The positive opinion of the CHMP is for both kidney and liver transplant recipients and includes both the de novo transplant and switch settings, as well as for treatment of rejection episodes resistant to treatment with other immunosuppressive products in adult patients.
The CHMP’s decision will be referred to the European Commission (EC) and if approved, the company will receive marketing authorisation for Envarsus in all member states of the EU.
The EC is expected to make a final decision for Envarsus within three months of the opinion.
The opinion is based on review of the favourable results of the Envarsus Phase III 3001 trial in stable kidney transplant patients and 3002 trial in de novo kidney transplant recipients as well as data from an extensive Phase I and II clinical programme, which included both kidney and liver transplant patients.

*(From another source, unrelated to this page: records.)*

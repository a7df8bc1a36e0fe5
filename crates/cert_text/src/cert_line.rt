//! The steps of a certificate, and what its text names in them.

use picture::Axis;

/// How many literals the lemmas that a checker keeps may have together, with the lemma that is being proved.
pub const MAX_LITERALS: usize = 65_536;

/// How many literals a lemma may have.
pub const MAX_LEMMA_LITERALS: usize = 1024;

/// A row or a column as a certificate names it: by its number as written, counted from 1. Whether a picture has it is not
/// said.
#[derive(Clone, Copy, Debug, PartialEq, Eq)]
pub struct LineNumber {
    pub axis: Axis,
    /// From 0 to 999.
    pub number: u16,
}

/// A cell as a certificate names it: by the numbers of its row and its column as written, counted from 1. Whether a picture
/// has it is not said.
#[derive(Clone, Copy, Debug, PartialEq, Eq)]
pub struct CellNumber {
    /// From 0 to 999.
    pub row: u16,
    /// From 0 to 999.
    pub col: u16,
}

/// A literal: a cell and some colours. A picture meets it where the cell has one of them.
#[derive(Clone, Copy, Debug, PartialEq, Eq)]
pub struct Literal {
    /// The cell, by its numbers as written. It may lie outside the picture.
    pub cell: CellNumber,
    /// Bit k stands for colour k.
    pub colours: u16,
}

/// A step of a certificate, below its givens: it changes the facts of the branch at hand, or ends the branch; the other
/// branches wait. A lemma is a list of literals, of which each other picture meets one. Lemmas are numbered from 1 as they
/// begin. `Split` stands in trees alone; `Use`, `Broken`, `Part`, `Lemma`, `Deny` and `Forget` in certificates with lemmas
/// alone.
#[derive(Clone, Copy, Debug, PartialEq, Eq)]
pub enum CertLine {
    /// All that the row or column forces is added to the facts, and the branch goes on.
    Line(LineNumber),
    /// Where just one literal of the lemma has a colour left in its cell, that cell is held to the literal's colours.
    Use(u16),
    /// A branch begins for each colour left in the cell, in ascending order. In it the cell has only that colour.
    Split(CellNumber),
    /// No list of colours fits the row or column, and the branch ends.
    Dead(LineNumber),
    /// No literal of the lemma has a colour left in its cell, and the branch ends.
    Broken(u16),
    /// No cell has a colour left other than the picture's, and the branch ends.
    Done,
    /// Two branches: the cell without these colours, and then the cell with these alone.
    Part(Literal),
    /// A lemma begins, which is allowed only where nothing waits: the branch at hand will deny it, and the facts as
    /// they are wait until it is kept.
    Lemma,
    /// A literal of the lemma that begins: its cell loses these colours.
    Deny(Literal),
    /// The lemma is no longer kept, which is allowed only where nothing waits.
    Forget(u16),
}

// A step takes eight bytes.
const _: () = prove!(size_of::<CertLine>() == 8);
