//! What can be wrong with a certificate or with a proof by lemmas, with names and line numbers.

ghost use Rattle.std.specs.Prelude.{◌≡◌};
ghost use Rattle.cert_text.specs.Faults.{name_of, place_of};
ghost use Rattle.cert_text.specs.declared.fault.CertFault.TheVariants.{Memory};

use std::alloc::{AllocError, AllocFailed};
use thiserror::Error;

/// What is wrong with a certificate or with a proof by lemmas: the first error from the top, with the number of its
/// line, counted from 1.
#[derive(Clone, Copy, Debug, PartialEq, Eq, Error)]
pub enum CertFault {
    /// The first line is not that of the format.
    #[error("line {0}: not a certificate")]
    NotCert(usize),
    /// The line has none of the format's forms, or a given is where it may not be.
    #[error("line {0}: not a line of a certificate")]
    BadLine(usize),
    /// A row or a column is named that the picture doesn't have.
    #[error("line {0}: outside the picture")]
    Place(usize),
    /// A lemma is named that is not kept. No certificate has this error.
    #[error("line {0}: no such lemma")]
    NoLemma(usize),
    /// A lemma begins, or is dropped, while a branch waits; or colours are denied elsewhere than at the beginning
    /// of a lemma. No certificate has this error.
    #[error("line {0}: not here")]
    Misplaced(usize),
    /// The lemmas that are kept would have too many literals. No certificate has this error.
    #[error("line {0}: too many literals")]
    Full(usize),
    /// Some list of colours fits the line that is called dead, or some literal of the lemma has a colour left.
    #[error("line {0}: not dead")]
    NotDead(usize),
    /// Some cell has a colour left other than the picture's.
    #[error("line {0}: not done")]
    NotDone(usize),
    /// The lines end before the tree is complete. The number is that of the line that is missing.
    #[error("line {0}: the certificate ends too early")]
    Ended(usize),
    /// A line comes after the end of the tree.
    #[error("line {0}: behind the end")]
    Trailing(usize),
    /// An allocation was refused.
    #[error("out of memory")]
    Memory,
    /// All was accepted, but a cell is given that is not published.
    #[error("line {0}: a given that is not published")]
    UnpublishedGiven(usize),
}

impl CertFault {
    /// The error's name, as the variant is called.
    pub fn name(&self) -> &'static str
        ensures { result.now ≡ name_of self.now }
    {
        self.told().0
    }

    /// The number of the line in error, counted from 1. None for `Memory`.
    pub fn place(&self) -> Option<usize>
        ensures { result ≡ place_of self.now }
    {
        self.told().1
    }

    // The error's name and place.
    fn told(&self) -> (&'static str, Option<usize>)
        ensures name { result.0.now ≡ name_of self.now }
        ensures place { result.1 ≡ place_of self.now }
    {
        match *self {
            CertFault::NotCert(line) => ("NotCert", Some(line)),
            CertFault::BadLine(line) => ("BadLine", Some(line)),
            CertFault::Place(line) => ("Place", Some(line)),
            CertFault::NoLemma(line) => ("NoLemma", Some(line)),
            CertFault::Misplaced(line) => ("Misplaced", Some(line)),
            CertFault::Full(line) => ("Full", Some(line)),
            CertFault::NotDead(line) => ("NotDead", Some(line)),
            CertFault::NotDone(line) => ("NotDone", Some(line)),
            CertFault::Ended(line) => ("Ended", Some(line)),
            CertFault::Trailing(line) => ("Trailing", Some(line)),
            CertFault::Memory => ("Memory", None),
            CertFault::UnpublishedGiven(line) => ("UnpublishedGiven", Some(line)),
        }
    }
}

impl From<AllocError> for CertFault {
    ghost from_gives = { λ _ e. e ≡ Memory };

    fn from(_e: AllocError) -> CertFault {
        CertFault::Memory
    }
}

impl<T: Drop> From<AllocFailed<T>> for CertFault {
    ghost from_gives = { λ _ e. e ≡ Memory };

    fn from(_refused: AllocFailed<T>) -> CertFault {
        CertFault::Memory
    }
}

Both studies 3001 and 3002 showed that Envarsus dosed once-daily was not inferior to the current leading transplant drug, Prograf (tacrolimus), dosed twice-daily.
The company said that Phase I pharmacokinetic and Phase II efficacy data that was submitted in the MAA allowed extrapolation into the broader populations of both kidney and liver transplant recipients.
The FDA has accepted for review the company’s new drug application (NDA) for Envarsus for the prevention of organ rejection in kidney transplant patients and has set an action date of 30 October 2014 to respond to the submission.